Experts have claimed that a strange new scam is using blank images to trick users – and you might not even realize it.
Coordination done by researchers at an email security company Avanan (Opens in a new tab) Described as an “empty image”, it consists of threat actors embedding empty Base64-encoded .svg files inside HTML attachments, allowing them to avoid URL redirect detection.
In this case, the DocuSign electronic signature platform is the target host. Fraudsters send a legitimate-looking DocuSign email containing an HTML attachment which, when clicked, opens what appears to be a blank image.
Blank scam image
However, the catch is that Javascript was found inside the image that leads users to a malicious URL in a way that has been rarely seen until now.
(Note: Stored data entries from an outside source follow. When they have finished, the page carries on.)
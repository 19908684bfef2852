//! How a body is left, and what its operands become.
ghost use Rattle.std.specs.Prelude.{◌≡◌};
ghost use Rattle.specialise.specs.Residual.{value_or as with_value, left_operand};
ghost use Rattle.specialise.specs.Mirrors.Shown.{shown};

use crate::edges::ReachedEdges;
use fold_facts::Fact;
use interface::{Mask, known_of};
use ir_syntax::{Const, MapOperand, Operand};
use ir_types::{Copied, Known, List, OutOfMemory};
use std::alloc::Global;

/// What is known of parameters and results, which blocks are reached, which results stay, and which edges are reached.
#[derive(Drop)]
pub(crate) struct Left<'a> {
    pub(crate) known: &'a [Known],
    pub(crate) facts: List<Fact>,
    pub(crate) reached: Mask,
    pub(crate) kept: Mask,
    pub(crate) edges: ReachedEdges,
}

/// The known value as an operand, or else the other operand.
fn value_or(other: Operand, value: Known) -> Operand
    ensures { result ≡ with_value other value }
{
    match value {
        Known::Unknown => other,
        Known::Num(number) => Operand::Const(Const::Int(number)),
        Known::Null => Operand::Const(Const::Null),
    }
}

impl<'a> MapOperand for Left<'a> {
    ghost maps = { λ w o. left_operand (shown w) o };

    fn map(&self, alloc: Global, operand: &Operand) -> Result<Operand, OutOfMemory> {
        match operand {
            Operand::Param(k) => {
                let value = known_of(self.known, self.facts.as_slice(), operand);
                Ok(value_or(Operand::Param(*k), value))
            }
            Operand::Reg(k) => {
                let value = known_of(self.known, self.facts.as_slice(), operand);
                Ok(value_or(Operand::Reg(self.kept.rank(*k)), value))
            }
            Operand::Const(constant) => Ok(Operand::Const(constant.copied(alloc)?)),
        }
    }
}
For this reason, security services may usually fail to detect the threat.
DocuSign is trusted by many companies, so it’s hard to believe that it could deceive employees and consumers now, but we have reported many cases of fraud on the platform.
“This attack builds on the wave of HTML attachment attacks we’ve seen recently targeting our customers, whether they’re small and medium businesses or businesses,” said Avanan.
“By obfuscating layers of obfuscation, most security agencies are powerless against these attacks.”
For end users, Avanan suggests being wary of emails that contain HTML (.htm) attachments. Companies can further protect their employees by applying a block to emails containing such files, and treating them just like any executable files (such as .exe files).
TechRadar Pro DocuSign asked if it was taking any steps against the scam, but copycat attacks like this can rarely be prevented.